## About this task
From the entries, filter out every line that lacks "return" and copy the rest.

Excerpts from a dataset
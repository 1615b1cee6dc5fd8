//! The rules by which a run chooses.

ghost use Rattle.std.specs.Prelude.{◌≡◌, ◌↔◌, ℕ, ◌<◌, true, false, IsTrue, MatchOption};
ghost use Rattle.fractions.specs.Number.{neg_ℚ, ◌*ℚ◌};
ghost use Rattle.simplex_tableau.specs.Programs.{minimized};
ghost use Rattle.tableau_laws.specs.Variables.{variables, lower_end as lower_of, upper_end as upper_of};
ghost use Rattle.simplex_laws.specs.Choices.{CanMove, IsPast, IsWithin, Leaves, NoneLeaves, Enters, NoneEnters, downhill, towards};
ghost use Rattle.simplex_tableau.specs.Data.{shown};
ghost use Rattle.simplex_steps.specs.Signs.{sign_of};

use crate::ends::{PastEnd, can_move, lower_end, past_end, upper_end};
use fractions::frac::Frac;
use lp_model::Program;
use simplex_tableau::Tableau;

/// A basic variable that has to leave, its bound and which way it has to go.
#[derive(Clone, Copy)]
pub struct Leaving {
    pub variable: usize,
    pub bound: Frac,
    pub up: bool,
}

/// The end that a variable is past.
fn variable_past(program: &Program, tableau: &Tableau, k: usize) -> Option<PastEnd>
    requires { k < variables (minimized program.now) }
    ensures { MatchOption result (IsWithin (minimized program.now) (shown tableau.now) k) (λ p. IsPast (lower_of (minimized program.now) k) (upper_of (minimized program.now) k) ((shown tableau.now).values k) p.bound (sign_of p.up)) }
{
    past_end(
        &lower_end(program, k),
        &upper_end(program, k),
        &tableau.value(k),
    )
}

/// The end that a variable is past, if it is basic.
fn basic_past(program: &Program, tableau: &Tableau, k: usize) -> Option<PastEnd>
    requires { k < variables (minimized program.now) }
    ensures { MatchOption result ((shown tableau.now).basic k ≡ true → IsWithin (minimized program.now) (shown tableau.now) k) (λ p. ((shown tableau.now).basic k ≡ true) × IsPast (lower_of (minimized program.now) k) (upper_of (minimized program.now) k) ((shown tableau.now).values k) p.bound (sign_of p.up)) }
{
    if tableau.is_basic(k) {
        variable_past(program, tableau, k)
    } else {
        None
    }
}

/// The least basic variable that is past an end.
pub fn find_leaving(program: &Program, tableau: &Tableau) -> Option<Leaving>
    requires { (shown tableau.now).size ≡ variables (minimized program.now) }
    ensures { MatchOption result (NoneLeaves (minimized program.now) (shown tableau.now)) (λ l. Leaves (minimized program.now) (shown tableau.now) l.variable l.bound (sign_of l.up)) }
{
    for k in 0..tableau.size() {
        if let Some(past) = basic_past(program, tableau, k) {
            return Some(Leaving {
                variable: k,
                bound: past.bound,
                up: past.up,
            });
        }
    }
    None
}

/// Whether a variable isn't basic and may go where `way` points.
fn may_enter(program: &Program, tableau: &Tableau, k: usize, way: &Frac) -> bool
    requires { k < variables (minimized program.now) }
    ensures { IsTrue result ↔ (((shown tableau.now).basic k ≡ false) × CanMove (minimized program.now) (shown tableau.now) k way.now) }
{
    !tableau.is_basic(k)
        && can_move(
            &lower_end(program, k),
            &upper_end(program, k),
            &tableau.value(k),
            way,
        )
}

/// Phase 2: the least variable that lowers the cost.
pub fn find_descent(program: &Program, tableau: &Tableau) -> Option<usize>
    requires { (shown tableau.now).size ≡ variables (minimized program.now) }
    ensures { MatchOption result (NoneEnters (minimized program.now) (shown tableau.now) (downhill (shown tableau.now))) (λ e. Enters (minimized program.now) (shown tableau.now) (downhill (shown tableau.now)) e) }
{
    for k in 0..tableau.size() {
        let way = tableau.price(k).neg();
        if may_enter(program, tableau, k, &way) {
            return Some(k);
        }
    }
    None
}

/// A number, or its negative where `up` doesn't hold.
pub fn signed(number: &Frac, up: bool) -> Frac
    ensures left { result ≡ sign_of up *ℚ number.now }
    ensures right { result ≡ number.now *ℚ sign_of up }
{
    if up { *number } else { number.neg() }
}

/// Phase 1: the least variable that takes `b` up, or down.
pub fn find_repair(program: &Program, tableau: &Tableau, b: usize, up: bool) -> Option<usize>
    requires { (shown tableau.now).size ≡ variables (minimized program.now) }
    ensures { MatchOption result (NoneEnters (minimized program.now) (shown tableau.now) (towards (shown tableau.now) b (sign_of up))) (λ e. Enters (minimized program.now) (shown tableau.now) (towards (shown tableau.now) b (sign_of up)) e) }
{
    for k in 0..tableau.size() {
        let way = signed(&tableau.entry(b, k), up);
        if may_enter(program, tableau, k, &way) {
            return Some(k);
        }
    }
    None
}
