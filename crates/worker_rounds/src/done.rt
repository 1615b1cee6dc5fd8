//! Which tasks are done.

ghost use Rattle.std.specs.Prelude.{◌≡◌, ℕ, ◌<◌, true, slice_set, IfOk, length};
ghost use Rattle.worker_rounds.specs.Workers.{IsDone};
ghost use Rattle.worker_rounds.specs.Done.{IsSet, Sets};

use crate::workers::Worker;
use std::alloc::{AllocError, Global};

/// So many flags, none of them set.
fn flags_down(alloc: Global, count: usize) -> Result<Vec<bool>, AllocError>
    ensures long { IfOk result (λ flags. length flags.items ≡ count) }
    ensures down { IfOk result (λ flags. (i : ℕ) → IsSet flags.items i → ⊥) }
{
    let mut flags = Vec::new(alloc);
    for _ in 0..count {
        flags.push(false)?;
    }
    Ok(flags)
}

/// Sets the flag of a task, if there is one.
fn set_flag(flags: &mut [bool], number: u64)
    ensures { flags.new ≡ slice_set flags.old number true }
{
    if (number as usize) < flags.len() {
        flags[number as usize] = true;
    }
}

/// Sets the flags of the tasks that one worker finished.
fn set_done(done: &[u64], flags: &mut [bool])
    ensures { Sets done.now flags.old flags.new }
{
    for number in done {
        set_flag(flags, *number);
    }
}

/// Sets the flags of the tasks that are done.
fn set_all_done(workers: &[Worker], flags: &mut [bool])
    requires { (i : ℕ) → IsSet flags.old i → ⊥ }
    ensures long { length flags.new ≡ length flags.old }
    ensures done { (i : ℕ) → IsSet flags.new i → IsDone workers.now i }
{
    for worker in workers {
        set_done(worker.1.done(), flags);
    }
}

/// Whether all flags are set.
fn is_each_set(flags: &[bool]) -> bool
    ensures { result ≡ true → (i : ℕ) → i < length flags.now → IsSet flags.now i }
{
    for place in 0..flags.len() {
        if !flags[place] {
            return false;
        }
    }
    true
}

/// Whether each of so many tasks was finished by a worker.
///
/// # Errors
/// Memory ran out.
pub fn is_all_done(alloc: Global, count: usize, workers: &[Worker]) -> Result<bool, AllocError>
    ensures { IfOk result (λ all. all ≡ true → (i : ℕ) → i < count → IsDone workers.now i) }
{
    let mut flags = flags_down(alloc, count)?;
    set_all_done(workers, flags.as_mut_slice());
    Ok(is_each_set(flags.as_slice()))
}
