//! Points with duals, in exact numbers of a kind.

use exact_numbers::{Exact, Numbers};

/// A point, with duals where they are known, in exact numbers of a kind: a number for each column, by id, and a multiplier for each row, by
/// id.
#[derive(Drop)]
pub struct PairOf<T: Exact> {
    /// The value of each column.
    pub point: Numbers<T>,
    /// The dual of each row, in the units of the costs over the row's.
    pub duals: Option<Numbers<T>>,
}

## Task answer
            return Some(Leaving {
            return Some(k);
            return Some(k);
            return false;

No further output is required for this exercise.